## How to complete this task
Only lines that contain the word "pack" are to be returned from the data below.

Data excerpts
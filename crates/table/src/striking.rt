// The strike of one pair and its mirror.
ghost use Rattle.std.specs.Prelude.{◌≡◌, ◌<◌, length};
ghost use Rattle.theory.specs.Limits.{readings_most};
ghost use Rattle.table.specs.Layout.{Sized};
ghost use Rattle.table.specs.Strike.{cleared, Struck};

use crate::layout::{READINGS_MOST, cell_start};

// Clears bit b of row a, in the words of one cell.
fn clear(cell: &mut [u32], a: usize, b: u32)
    requires { (length cell.old ≡ readings_most) × (a < readings_most) × (b < readings_most) }
    ensures { cell.new ≡ cleared cell.old a b }
{
    cell[a] = words::without_bit(cell[a], b);
}

// Strikes the pair (a, b) of cell (i, j) and its mirror, one cell at a time.
pub fn strike(table: &mut [u32], n: usize, i: usize, j: usize, a: usize, b: usize)
    requires { Sized n table.old × (i < n) × (j < n) × (a < readings_most) × (b < readings_most) }
    ensures { Struck n table.old i j a b table.new }
{
    let at = cell_start(n, i, j);
    clear(&mut table[at..at + READINGS_MOST], a, b as u32);
    let mirror = cell_start(n, j, i);
    clear(&mut table[mirror..mirror + READINGS_MOST], b, a as u32);
}
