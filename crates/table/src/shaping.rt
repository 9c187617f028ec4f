// The checks 1 to 6 of sizes and a table.
ghost use Rattle.std.specs.Prelude.{◌≡◌, ◌&&◌, [], ◌<◌, ltb, length};
ghost use Rattle.theory.specs.Limits.{readings_most};
ghost use Rattle.theory.specs.Bound.{any};
ghost use Rattle.words.specs.Word.{bit, pack};
ghost use Rattle.refusal.specs.Said.{says};
ghost use Rattle.table.specs.Layout.{Sized, rel, size_of, some_first};
ghost use Rattle.table.specs.Cells.{stray_in, diagonal_in, mirror_in};
ghost use Rattle.table.specs.Shape.{bad_size, stray_row, diagonal_row, mirror_above, after_sizes, after_rows, after_shape};
ghost use Rattle.table.specs.Answers.{said_shaped};

use crate::layout::{FIELDS_MOST, READINGS_MOST, cell, field_size, first_row, table_length};
use refusal::Refusal;

// The first field whose size is 0 or over the most.
fn first_bad_size(sizes: &[u8]) -> Option<usize>
    ensures { result ≡ some_first (length sizes.now) (bad_size sizes.now) }
{
    sizes
        .iter()
        .position(|&size| size == 0 || usize::from(size) > READINGS_MOST)
}

// What row a may hold in a cell of a field of that size and the mask of the other.
fn row_mask(a: usize, size: usize, mask: u32) -> u32
    ensures { result ≡ pack readings_most (λ b. ltb a size && bit mask b) }
{
    if a < size { mask } else { 0 }
}

// Some row of a cell has a bit outside size rows and the mask: a pass that only gathers such bits. Here and below a cell is a slice
// of 32 words, as `table::cell` gives it: an array's reference would need a conversion that could fail.
fn any_stray(cell: &[u32], size: usize, mask: u32) -> bool
    requires { length cell.now ≡ readings_most }
    ensures { result ≡ any readings_most (stray_in size mask cell.now) }
{
    let mut strays: u32 = 0;
    for a in 0..READINGS_MOST {
        strays |= cell[a] & !row_mask(a, size, mask);
    }
    strays != 0
}

// Row a of a cell has such a bit; a function of its own, since the search's proof did not close over the body.
fn is_stray(cell: &[u32], a: usize, size: usize, mask: u32) -> bool
    requires { (length cell.now ≡ readings_most) × (a < readings_most) }
    ensures { result ≡ stray_in size mask cell.now a }
{
    words::outside(cell[a], row_mask(a, size, mask))
}

// The first such row: looked for only where there is one.
fn stray_in(cell: &[u32], size: usize, mask: u32) -> Option<usize>
    requires { length cell.now ≡ readings_most }
    ensures { result ≡ some_first readings_most (stray_in size mask cell.now) }
{
    if !any_stray(cell, size, mask) {
        return None;
    }
    (0..READINGS_MOST).find(|&a| is_stray(cell, a, size, mask))
}

// The first row of a cell with a bit off the diagonal.
fn diagonal_in(cell: &[u32]) -> Option<usize>
    requires { length cell.now ≡ readings_most }
    ensures { result ≡ some_first readings_most (diagonal_in cell.now) }
{
    (0..READINGS_MOST).find(|&a| words::outside(cell[a], words::with_bit(0, a as u32)))
}

// The first row of a cell that differs from its column of the mirror.
fn mirror_in(cell: &[u32], mirror: &[u32]) -> Option<usize>
    requires { (length cell.now ≡ readings_most) × (length mirror.now ≡ readings_most) }
    ensures { result ≡ some_first readings_most (mirror_in cell.now mirror.now) }
{
    let turned = words::turned(mirror);
    (0..READINGS_MOST).find(|&a| cell[a] != turned[a])
}

// The first row of cell (i, j) with a bit outside the sizes.
fn stray_at(sizes: &[u8], table: &[u32], i: usize, j: usize) -> Option<usize>
    requires { Sized (length sizes.now) table.now × (i < length sizes.now) × (j < length sizes.now) }
    ensures { result ≡ some_first readings_most (stray_row (size_of sizes.now) (rel (length sizes.now) table.now) i j) }
{
    let size = field_size(sizes, i) as usize;
    let mask = words::below(field_size(sizes, j));
    stray_in(cell(table, sizes.len(), i, j), size, mask)
}

// The first row of cell (i, j) that lets a reading go with another of its field.
fn diagonal_at(table: &[u32], n: usize, i: usize, j: usize) -> Option<usize>
    requires { Sized n table.now × (i < n) × (j < n) }
    ensures { result ≡ some_first readings_most (diagonal_row (rel n table.now) i j) }
{
    if i != j {
        return None;
    }
    diagonal_in(cell(table, n, i, j))
}

// The first row of cell (i, j) above the diagonal that differs from its mirror.
fn mirror_at(table: &[u32], n: usize, i: usize, j: usize) -> Option<usize>
    requires { Sized n table.now × (i < n) × (j < n) }
    ensures { result ≡ some_first readings_most (mirror_above (rel n table.now) i j) }
{
    if j <= i {
        return None;
    }
    mirror_in(cell(table, n, i, j), cell(table, n, j, i))
}

// 1 and 2: the sizes.
pub fn sized(sizes: &[u8]) -> Result<(), Refusal>
    ensures { said_shaped result ≡ after_sizes sizes.now (says 0 []) }
{
    if sizes.is_empty() || sizes.len() > FIELDS_MOST {
        return Err(Refusal::Fields);
    }
    if let Some(f) = first_bad_size(sizes) {
        return Err(Refusal::Size(f));
    }
    Ok(())
}

// 4, 5 and 6: the rows.
fn formed(sizes: &[u8], table: &[u32]) -> Result<(), Refusal>
    requires { Sized (length sizes.now) table.now }
    ensures { said_shaped result ≡ after_rows (length sizes.now) (size_of sizes.now) (rel (length sizes.now) table.now) (says 0 []) }
{
    let n = sizes.len();
    if let Some(row) = first_row(n, |i, j| stray_at(sizes, table, i, j)) {
        return Err(Refusal::Stray(row.i, row.j, row.a));
    }
    if let Some(row) = first_row(n, |i, j| diagonal_at(table, n, i, j)) {
        return Err(Refusal::Diagonal(row.i, row.j, row.a));
    }
    if let Some(row) = first_row(n, |i, j| mirror_at(table, n, i, j)) {
        return Err(Refusal::Mirror(row.i, row.j, row.a));
    }
    Ok(())
}

// 1 to 6.
pub fn shape(sizes: &[u8], table: &[u32]) -> Result<(), Refusal>
    ensures { said_shaped result ≡ after_shape sizes.now table.now (says 0 []) }
{
    sized(sizes)?;
    if table.len() != table_length(sizes.len()) {
        return Err(Refusal::Length);
    }
    formed(sizes, table)
}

## Response
ghost use Rattle.words.specs.Word.{bit, pack};
    ensures { result ≡ pack readings_most (λ b. ltb a size && bit mask b) }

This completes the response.